It was Monday night. I had finally layed all the kids down. I was trying to get the house picked up, lunches made, folders checked and clothes ready. I was tired and ready to sit down and have a little peace before I needed to go to bed. I was at the kitchen sink when Reagan walked back into the livingroom from out of bed to tell me "something" else of great importance. In her hand was a book. "Mommy will you read me this story?My first instinct was to yell at her to get back to bed. To my surprise a calming feeling instantly came over me. I wrestled with myself for a short time. I decided to read her the book. We sat down on the couch. She quickly asked to sit in my lap. I read her the story.
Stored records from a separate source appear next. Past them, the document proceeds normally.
//! The counters of a product's blanks, computed from the rows of its lots and batches.
ghost use Rattle.std.specs.Prelude.{IfOk, IsOk, ◌<◌, ◌^◌, ◌≡◌, ◌+◌};
ghost use Rattle.store_reads.specs.Sums.{AreBatchSums, AreLotSums, batch_sums, lot_sums};
ghost use Rattle.store_reads.specs.Sums.{totals_of_rows};

use job_facts::BlankTotals;
use row_reads::{BatchHead, LotRow};
use sqlite::Error;

// Sums over the lots of a product.
#[derive(Clone, Copy)]
struct LotSums {
    total: u64,
    discarded: u64,
}

// Sums over the batches of a product.
#[derive(Clone, Copy)]
struct BatchSums {
    good: u64,
    running: u64,
    spoiled: u64,
}

// Returns `a + b`, or `InvalidQuery` if it doesn't fit in 64 bits. The sums of sound contents
// always fit.
fn plus(a: u64, b: u64) -> Result<u64, Error>
    ensures value { IfOk result (λ sum. sum ≡ a + b) }
    ensures total { a + b < 2 ^ 64 → IsOk result }
{
    a.checked_add(b).ok_or(Error::InvalidQuery)
}

fn lot_sums(lots: &[LotRow]) -> Result<LotSums, Error>
    ensures value { IfOk result (λ sums. sums ≡ lot_sums lots.now) }
    ensures total { AreLotSums (lot_sums lots.now) → IsOk result }
{
    let mut sums = LotSums {
        total: 0,
        discarded: 0,
    };
    for row in lots {
        sums = LotSums {
            total: plus(sums.total, u64::from(row.lot.count))?,
            discarded: plus(sums.discarded, row.discarded)?,
        };
    }
    Ok(sums)
}

fn batch_sums(heads: &[BatchHead]) -> Result<BatchSums, Error>
    ensures value { IfOk result (λ sums. sums ≡ batch_sums heads.now) }
    ensures total { AreBatchSums (batch_sums heads.now) → IsOk result }
{
    let mut sums = BatchSums {
        good: 0,
        running: 0,
        spoiled: 0,
    };
    for head in heads {
        sums = BatchSums {
            good: plus(sums.good, head.totals.good)?,
            running: plus(sums.running, head.totals.running)?,
            spoiled: plus(sums.spoiled, head.totals.spoiled)?,
        };
    }
    Ok(sums)
}

/// Returns the counters of a product's blanks, as sums over its lots and batches.
///
/// # Errors
///
/// Returns `InvalidQuery` if a sum doesn't fit in 64 bits.
pub(crate) fn totals_of_rows(lots: &[LotRow], heads: &[BatchHead]) -> Result<BlankTotals, Error>
    ensures value { IfOk result (λ totals. totals ≡ totals_of_rows lots.now heads.now) }
    ensures total { AreLotSums (lot_sums lots.now) → AreBatchSums (batch_sums heads.now)
        → IsOk result }
{
    let LotSums { total, discarded } = lot_sums(lots)?;
    let BatchSums {
        good,
        running,
        spoiled,
    } = batch_sums(heads)?;
    Ok(BlankTotals {
        lots: lots.len() as u64,
        total,
        good,
        running,
        spoiled,
        discarded,
    })
}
We didn't have any interuptions from her little brother. No phone calls. No pressing matters. Just Reagan and I alone in the quiet livingroom. After I finished the book she gave me a hug and kiss and went to bed and didn't get up again that night. I am grateful I felt impressed to read her that story. I don't remember the book. I do remember how it felt to sit in that quiet livingroom alone with my four year old Reagan.
1 comment:
That was so sweet to read. It's those moments where we can chose to be mad or take a moment with our kid. I don't always chose right. Thanks for sharing your story, it reminds me to stop and listen to those promptings! Keep up the great work mama... even when it is long and tiring!